Exercise description — The answer must be a single number: how many lines below contain "BlockList".

Entries provided —

▬▬▬▬▬▬▬▬▬▬

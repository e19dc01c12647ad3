//! First fit: each item in the first cycle in which it fits.

ghost use Rattle.std.specs.Prelude.{◌≡◌, ◌≤◌, true, List, length, IfOk};
ghost use Rattle.tta_arch.specs.Rules.{IsMachine};
ghost use Rattle.tta_connect.specs.Net.{IsNetOf};
ghost use Rattle.tta_moves.specs.Slots.{is_list};
ghost use Rattle.tta_moves.specs.Bounds.{Respects};
ghost use Rattle.tta_moves.specs.FirstFit.{IsFirstFit};
ghost use Rattle.tta_moves.specs.declared.items.PlacedItem.{PlacedItem as Entry};
ghost use Rattle.tta_sched.specs.Room.{HasRoom};
ghost use Rattle.tta_sched.specs.First.{Asks, FindsFirst};

use std::alloc::{AllocError, Global};
use tta_arch::Machine;
use tta_connect::{Net, TargetMachine};
use tta_depend::Bounds;
use tta_list::Items;
use tta_moves::{BlockList, Item, Placed, PlacedItem};
use tta_reserve::Table;

/// Where an item fits first beside the booked items, in the cycles from its bound up to an end. It
/// is None exactly where it fits in none of them.
fn first_from(
    table: &Table,
    on: &TargetMachine<'_>,
    item: &Item,
    from: u32,
    end: u32,
) -> Option<PlacedItem>
    requires there { end ≤ length table.now }
    ensures { (placed : List Entry) → Asks on.now.machine.now table.now placed item.now from
        → FindsFirst on.now.machine.now placed item.now end result }
{
    for cycle in from..end {
        if let Some(slot) = table.fits(on.machine, on.net, item, cycle) {
            return Some(PlacedItem {
                item: *item,
                cycle,
                slot,
            });
        }
    }
    None
}

/// What placement keeps from block to block: the tables take their memory once, and serve every
/// block.
#[derive(Drop)]
pub struct Placer {
    bounds: Bounds,
    table: Table,
}

impl Placer {
    ghost use Rattle.std.specs.Prelude.{◌≡◌, ◌<◌, true, OnOk, IfOk};
    ghost use Rattle.tta_moves.specs.Slots.{has_slot, is_list};
    ghost use Rattle.tta_moves.specs.Bounds.{Respects};
    ghost use Rattle.tta_moves.specs.FirstFit.{IsFirstFit};
    ghost use Rattle.tta_depend.specs.Stands.{end_of};
    ghost use Rattle.tta_sched.specs.Room.{HasRoom};
    ghost use Rattle.tta_sched.specs.First.{no_control, Keeps, AddsFirst};

    /// The tables of a machine, with nothing placed. It fails only where there is no memory.
    pub fn new(alloc: Global, m: &Machine) -> Result<Placer, AllocError> {
        let bounds = Bounds::new(alloc, m)?;
        Ok(Placer {
            bounds,
            table: Table::new(alloc),
        })
    }

    /// Places an item where it fits first, after the items that are placed. It fails only where
    /// there is no memory.
    fn place_item(
        &mut self,
        placed: &mut Items<PlacedItem>,
        item: &Item,
        on: &TargetMachine<'_>,
    ) -> Result<(), AllocError>
        requires rules { IsMachine on.now.machine.now }
        requires slot { has_slot on.now.machine.now item.now ≡ true }
        requires controls { no_control placed.old ≡ true }
        requires keeps { Keeps on.now.machine.now self.old.bounds self.old.table placed.old }
        requires soon { end_of on.now.machine.now placed.old < 1073741823 }
        ensures keeps { OnOk result
            (Keeps on.now.machine.now self.new.bounds self.new.table placed.new) }
        ensures adds { OnOk result
            (AddsFirst on.now.machine.now placed.old item.now placed.new) }
    {
        let m = on.machine;
        let from = self.bounds.least(m, item);
        let end = self.bounds.end() + 1;
        self.table.reserve(end)?;
        match first_from(&self.table, on, item, from, end) {
            Some(x) => {
                placed.push(x)?;
                self.bounds.place(m, &x.item, x.cycle);
                self.table.book(m, x.item, x.slot, x.cycle);
                Ok(())
            }
            None => unreachable!(),
        }
    }

    /// Places the items of a block in their order, each in the least cycle that its bound allows and
    /// in which it fits beside those before it, on the least bus or template. It fails only where
    /// there is no memory.
    pub fn place(
        &mut self,
        alloc: Global,
        b: &BlockList,
        on: &TargetMachine<'_>,
    ) -> Result<Placed, AllocError>
        requires list { is_list on.now.machine.now b.now.items ≡ true }
        ensures first { IfOk result (λ p. IsFirstFit on.now.machine.now b.now.items p) }
        ensures respects { IfOk result (λ p. Respects on.now.machine.now b.now.items p) }
        ensures room { IfOk result (λ p. HasRoom on.now.machine.now b.now.items p) }
    {
        on.machine.rules();
        self.bounds.clear(on.machine);
        self.table.clear();
        let room = Vec::with_capacity(alloc, b.items.len())?;
        let mut placed = Items::of(room);
        for x in b.items.as_slice() {
            self.place_item(&mut placed, x, on)?;
        }
        let length = self.bounds.length();
        Ok(Placed {
            items: placed,
            length,
        })
    }
}

/// Places the items of a block by first fit, with tables of its own. The only error is out of
/// memory.
pub fn place_block(
    alloc: Global,
    b: &BlockList,
    m: &Machine,
    net: &Net,
) -> Result<Placed, AllocError>
    requires net { IsNetOf net.now m.now }
    requires list { is_list m.now b.now.items ≡ true }
    ensures first { IfOk result (λ p. IsFirstFit m.now b.now.items p) }
    ensures respects { IfOk result (λ p. Respects m.now b.now.items p) }
    ensures room { IfOk result (λ p. HasRoom m.now b.now.items p) }
{
    let on = TargetMachine { machine: m, net };
    let mut placer = Placer::new(alloc, m)?;
    let placed = placer.place(alloc, b, &on)?;
    Ok(placed)
}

▬▬▬▬▬▬▬▬▬▬

Task response — 3